Start of RECORDS FOR THE EXERCISE

//! Lists of units.

use crate::unit::Unit;
use std::marker::Model;

/// The audio units of a tick, which a contract sees as the list of them.
#[derive(Debug, Drop)]
pub struct Units {
    items: Vec<Unit>,
}

impl Model for Units {
    ghost use Rattle.std.specs.Prelude.{List, ℕ};

    ghost Value = { List (List ℕ) };

    ghost view = { λ units. units.items.items };
}

impl Units {
    ghost use Rattle.std.specs.Prelude.{◌≡◌, ◌==◌, length};

    /// The units of a vector. Takes no memory.
    pub fn from_vec(items: Vec<Unit>) -> Units
        ensures { result ≡ items.items }
    {
        Units { items }
    }

    /// The units as a vector. Takes no memory.
    pub fn into_vec(self) -> Vec<Unit>
        ensures { result.items ≡ self }
    {
        self.items
    }

    /// The units.
    pub fn as_slice(&self) -> &[Unit]
        ensures { result.now ≡ self.now }
    {
        self.items.as_slice()
    }

    /// The number of units.
    pub fn len(&self) -> usize
        ensures { result ≡ length self.now }
    {
        self.items.len()
    }

    /// Whether there is no unit.
    pub fn is_empty(&self) -> bool
        ensures { result ≡ (length self.now == 0) }
    {
        self.items.is_empty()
    }
}
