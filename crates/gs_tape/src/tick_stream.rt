// The ticks of a capture file, read from a source.

ghost use Rattle.std.specs.Prelude.{◌≡◌, ◌+◌, ◌*◌, ◌≤◌, [], IfNone, IfOk, IfSome, IsErrOf};
ghost use Rattle.std.specs.Io.KnownBytes.{IsAtEnd};
ghost use Rattle.gs_bytes.specs.Outside.{KeepsFlag, SetsFlag};
ghost use Rattle.gs_reader.specs.Buffered.{to_come};
ghost use Rattle.gs_tape.specs.Cuts.{TakesTick};
ghost use Rattle.gs_tape.specs.Limits.{IsWithinLimits, most_audio, most_bytes, most_ticks};
ghost use Rattle.gs_tape.specs.Steps.{before, most_tick};
ghost use Rattle.gs_tape.specs.Streaming.{MeetsSource};
ghost use Rattle.gs_tape.specs.Tape.{IsFirstTick, known_behind, to_read};

use crate::cursor::Cursor;
use crate::error::TapeError;
use crate::layout::{END_TAG, TICK_TAG};
use crate::limits::MOST_TICKS;
use crate::tick::Tick;
use crate::tick_reader::Known;
use gs_bytes::Source;

/// The ticks of a file that are still to be read.
#[derive(Drop)]
pub struct Ticks {
    pub cursor: Cursor,
    pub audio: u16,
    pub known: Known,
}

impl Ticks {
    // The next tick, None exactly at the end mark and the end behind it.
    pub fn next<S: Source>(&mut self, source: &mut S) -> Result<Option<Tick>, TapeError>
        requires place { self.old.cursor.place ≤ self.old.known.number * most_tick }
        requires number { self.old.known.number ≤ most_ticks + 1 }
        requires held { self.old.known.held ≤ most_bytes }
        requires audio { self.old.audio ≤ most_audio }
        ensures first { IsFirstTick (to_read self.old.cursor.place self.old.audio
            (before self.old.known.number self.old.known.time self.old.known.held)
            (to_come self.old.cursor.reader (S.left source.old)))
            (to_read self.new.cursor.place self.old.audio
            (before self.new.known.number self.new.known.time self.new.known.held)
            (to_come self.new.cursor.reader (S.left source.new))) result }
        ensures takes { TakesTick self.old.cursor.place self.old.audio
            (before self.old.known.number self.old.known.time self.old.known.held)
            (to_come self.old.cursor.reader (S.left source.old)) (to_come self.new.cursor.reader (S.left source.new))
            self.new.cursor.place (before self.new.known.number self.new.known.time self.new.known.held) result }
        ensures spent { IsErrOf result TapeError.TapeFault → self.new.cursor.reader ≡ [] }
        ensures after { IfOk result (λ next. IfSome next (λ t.
            before self.new.known.number self.new.known.time self.new.known.held
            ≡ known_behind (before self.old.known.number self.old.known.time self.old.known.held) t)) }
        ensures within { IfOk result (λ next.
            IfSome next (λ t. IsWithinLimits self.old.audio self.old.known.number self.old.known.time t)) }
        ensures audio { self.new.audio ≡ self.old.audio }
        ensures place { IfOk result (λ next. IfSome next (λ _.
            self.new.cursor.place ≤ self.new.known.number * most_tick)) }
        ensures number { self.new.known.number ≤ most_ticks + 1 }
        ensures held { self.new.known.held ≤ most_bytes }
        ensures meets { MeetsSource (S.faults source.old) (S.faults source.new) (S.written source.old)
            (S.written source.new) result }
        ensures end { IfOk result (λ next. IfNone next (IsAtEnd (S.left source.new))) }
        ensures met_end { IfOk result (λ next. IfNone next (SetsFlag (S.met_end source.old) (S.met_end source.new))) }
        ensures not_met { IfOk result (λ next.
            IfSome next (λ _. KeepsFlag (S.met_end source.old) (S.met_end source.new))) }
    {
        let place = self.cursor.place;
        let Some(tag) = self.cursor.byte(source)? else {
            return Err(TapeError::BadTape { kind: 6, place });
        };
        if tag == END_TAG {
            let behind = self.cursor.place;
            let Some(_) = self.cursor.byte(source)? else {
                return Ok(None);
            };
            return Err(TapeError::BadTape {
                kind: 7,
                place: behind,
            });
        }
        if tag != TICK_TAG {
            return Err(TapeError::BadTape { kind: 2, place });
        }
        if self.known.number > MOST_TICKS {
            let tick = self.known.number;
            return Err(TapeError::TapeFull { tick });
        }
        let tick = self.cursor.tick(source, self.audio, self.known)?;
        self.known = self.known.behind(&tick);
        Ok(Some(tick))
    }
}
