//! The file of a capture that a number generates.

ghost use Rattle.std.specs.Prelude.{◌≡◌, ◌≢◌, ◌≤◌, Err, IsErrOf, OnErr, OnOk};
ghost use Rattle.std.specs.Io.KnownBytes.{Appends};
ghost use Rattle.gs_bytes.specs.Outside.{AppendsPart, Rose};
ghost use Rattle.gs_tape.specs.Capture.{file};
ghost use Rattle.gs_tape.specs.Generated.{generated};
ghost use Rattle.gs_tape.specs.Limits.{generated_audio, generated_duration, most_generated};

use crate::generator::Generator;
use crate::limits::{GENERATED_AUDIO, GENERATED_DURATION};
use crate::write_error::WriteError;
use crate::writer::TapeWriter;
use gs_bytes::Sink;
use std::alloc::Global;

/// Writes the file of the capture that a number generates, with so many ticks. At an error a front of it
/// was written, and not all of it.
pub fn write_generated<K: Sink>(
    alloc: Global,
    number: u32,
    ticks: u32,
    out: &mut K,
) -> Result<(), WriteError>
    requires { ticks ≤ most_generated }
    ensures ok { OnOk result (Appends (K.written out.old) (K.written out.new)
        (file generated_audio generated_duration (generated number ticks))) }
    ensures err { OnErr result (AppendsPart (K.written out.old) (K.written out.new)
        (file generated_audio generated_duration (generated number ticks))) }
    ensures never_falls { K.faults out.old ≤ K.faults out.new }
    ensures fault { IsErrOf result WriteError.WriteFault → Rose (K.faults out.old) (K.faults out.new) }
    ensures counted { K.faults out.new ≢ K.faults out.old → result ≡ Err WriteError.WriteFault }
{
    let mut generator = Generator::new(number, ticks);
    let mut writer = TapeWriter::open(alloc, GENERATED_AUDIO, GENERATED_DURATION, out)?;
    'ticks: while let Some(tick) = generator.next(alloc)? {
        writer.put(&tick, out)?;
    }
    writer.end(out)
}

End of RECORDS FOR THE EXERCISE

* _WORK TO COMPLETE_
Retype all of the entries. Keep each one exactly as written.

* _RESPONSE BOX_
//! Lists of units.

use crate::unit::Unit;
use std::marker::Model;

/// The audio units of a tick, which a contract sees as the list of them.
#[derive(Debug, Drop)]
pub struct Units {
    items: Vec<Unit>,
}

impl Model for Units {
    ghost use Rattle.std.specs.Prelude.{List, ℕ};

    ghost Value = { List (List ℕ) };

    ghost view = { λ units. units.items.items };
}

impl Units {
    ghost use Rattle.std.specs.Prelude.{◌≡◌, ◌==◌, length};

    /// The units of a vector. Takes no memory.
    pub fn from_vec(items: Vec<Unit>) -> Units
        ensures { result ≡ items.items }
    {
        Units { items }
    }

    /// The units as a vector. Takes no memory.
    pub fn into_vec(self) -> Vec<Unit>
        ensures { result.items ≡ self }
    {
        self.items
    }

    /// The units.
    pub fn as_slice(&self) -> &[Unit]
        ensures { result.now ≡ self.now }
    {
        self.items.as_slice()
    }

    /// The number of units.
    pub fn len(&self) -> usize
        ensures { result ≡ length self.now }
    {
        self.items.len()
    }

    /// Whether there is no unit.
    pub fn is_empty(&self) -> bool
        ensures { result ≡ (length self.now == 0) }
    {
        self.items.is_empty()
    }
}
filename crates/gs_tape/src/tick_stream.rt
// The ticks of a capture file, read from a source.

ghost use Rattle.std.specs.Prelude.{◌≡◌, ◌+◌, ◌*◌, ◌≤◌, [], IfNone, IfOk, IfSome, IsErrOf};
ghost use Rattle.std.specs.Io.KnownBytes.{IsAtEnd};
ghost use Rattle.gs_bytes.specs.Outside.{KeepsFlag, SetsFlag};
ghost use Rattle.gs_reader.specs.Buffered.{to_come};
ghost use Rattle.gs_tape.specs.Cuts.{TakesTick};
ghost use Rattle.gs_tape.specs.Limits.{IsWithinLimits, most_audio, most_bytes, most_ticks};
ghost use Rattle.gs_tape.specs.Steps.{before, most_tick};
ghost use Rattle.gs_tape.specs.Streaming.{MeetsSource};
ghost use Rattle.gs_tape.specs.Tape.{IsFirstTick, known_behind, to_read};

use crate::cursor::Cursor;
use crate::error::TapeError;
use crate::layout::{END_TAG, TICK_TAG};
use crate::limits::MOST_TICKS;
use crate::tick::Tick;
use crate::tick_reader::Known;
use gs_bytes::Source;

/// The ticks of a file that are still to be read.
#[derive(Drop)]
pub struct Ticks {
    pub cursor: Cursor,
    pub audio: u16,
    pub known: Known,
}

impl Ticks {
    // The next tick, None exactly at the end mark and the end behind it.
    pub fn next<S: Source>(&mut self, source: &mut S) -> Result<Option<Tick>, TapeError>
        requires place { self.old.cursor.place ≤ self.old.known.number * most_tick }
        requires number { self.old.known.number ≤ most_ticks + 1 }
        requires held { self.old.known.held ≤ most_bytes }
        requires audio { self.old.audio ≤ most_audio }
        ensures first { IsFirstTick (to_read self.old.cursor.place self.old.audio
            (before self.old.known.number self.old.known.time self.old.known.held)
            (to_come self.old.cursor.reader (S.left source.old)))
            (to_read self.new.cursor.place self.old.audio
            (before self.new.known.number self.new.known.time self.new.known.held)
            (to_come self.new.cursor.reader (S.left source.new))) result }
        ensures takes { TakesTick self.old.cursor.place self.old.audio
            (before self.old.known.number self.old.known.time self.old.known.held)
            (to_come self.old.cursor.reader (S.left source.old)) (to_come self.new.cursor.reader (S.left source.new))
            self.new.cursor.place (before self.new.known.number self.new.known.time self.new.known.held) result }
        ensures spent { IsErrOf result TapeError.TapeFault → self.new.cursor.reader ≡ [] }
        ensures after { IfOk result (λ next. IfSome next (λ t.
            before self.new.known.number self.new.known.time self.new.known.held
            ≡ known_behind (before self.old.known.number self.old.known.time self.old.known.held) t)) }
        ensures within { IfOk result (λ next.
            IfSome next (λ t. IsWithinLimits self.old.audio self.old.known.number self.old.known.time t)) }
        ensures audio { self.new.audio ≡ self.old.audio }
        ensures place { IfOk result (λ next. IfSome next (λ _.
            self.new.cursor.place ≤ self.new.known.number * most_tick)) }
        ensures number { self.new.known.number ≤ most_ticks + 1 }
        ensures held { self.new.known.held ≤ most_bytes }
        ensures meets { MeetsSource (S.faults source.old) (S.faults source.new) (S.written source.old)
            (S.written source.new) result }
        ensures end { IfOk result (λ next. IfNone next (IsAtEnd (S.left source.new))) }
        ensures met_end { IfOk result (λ next. IfNone next (SetsFlag (S.met_end source.old) (S.met_end source.new))) }
        ensures not_met { IfOk result (λ next.
            IfSome next (λ _. KeepsFlag (S.met_end source.old) (S.met_end source.new))) }
    {
        let place = self.cursor.place;
        let Some(tag) = self.cursor.byte(source)? else {
            return Err(TapeError::BadTape { kind: 6, place });
        };
        if tag == END_TAG {
            let behind = self.cursor.place;
            let Some(_) = self.cursor.byte(source)? else {
                return Ok(None);
            };
            return Err(TapeError::BadTape {
                kind: 7,
                place: behind,
            });
        }
        if tag != TICK_TAG {
            return Err(TapeError::BadTape { kind: 2, place });
        }
        if self.known.number > MOST_TICKS {
            let tick = self.known.number;
            return Err(TapeError::TapeFull { tick });
        }
        let tick = self.cursor.tick(source, self.audio, self.known)?;
        self.known = self.known.behind(&tick);
        Ok(Some(tick))
    }
}
//! The file of a capture that a number generates.

ghost use Rattle.std.specs.Prelude.{◌≡◌, ◌≢◌, ◌≤◌, Err, IsErrOf, OnErr, OnOk};
ghost use Rattle.std.specs.Io.KnownBytes.{Appends};
ghost use Rattle.gs_bytes.specs.Outside.{AppendsPart, Rose};
ghost use Rattle.gs_tape.specs.Capture.{file};
ghost use Rattle.gs_tape.specs.Generated.{generated};
ghost use Rattle.gs_tape.specs.Limits.{generated_audio, generated_duration, most_generated};

use crate::generator::Generator;
use crate::limits::{GENERATED_AUDIO, GENERATED_DURATION};
use crate::write_error::WriteError;
use crate::writer::TapeWriter;
use gs_bytes::Sink;
use std::alloc::Global;

/// Writes the file of the capture that a number generates, with so many ticks. At an error a front of it
/// was written, and not all of it.
pub fn write_generated<K: Sink>(
    alloc: Global,
    number: u32,
    ticks: u32,
    out: &mut K,
) -> Result<(), WriteError>
    requires { ticks ≤ most_generated }
    ensures ok { OnOk result (Appends (K.written out.old) (K.written out.new)
        (file generated_audio generated_duration (generated number ticks))) }
    ensures err { OnErr result (AppendsPart (K.written out.old) (K.written out.new)
        (file generated_audio generated_duration (generated number ticks))) }
    ensures never_falls { K.faults out.old ≤ K.faults out.new }
    ensures fault { IsErrOf result WriteError.WriteFault → Rose (K.faults out.old) (K.faults out.new) }
    ensures counted { K.faults out.new ≢ K.faults out.old → result ≡ Err WriteError.WriteFault }
{
    let mut generator = Generator::new(number, ticks);
    let mut writer = TapeWriter::open(alloc, GENERATED_AUDIO, GENERATED_DURATION, out)?;
    'ticks: while let Some(tick) = generator.next(alloc)? {
        writer.put(&tick, out)?;
    }
    writer.end(out)
}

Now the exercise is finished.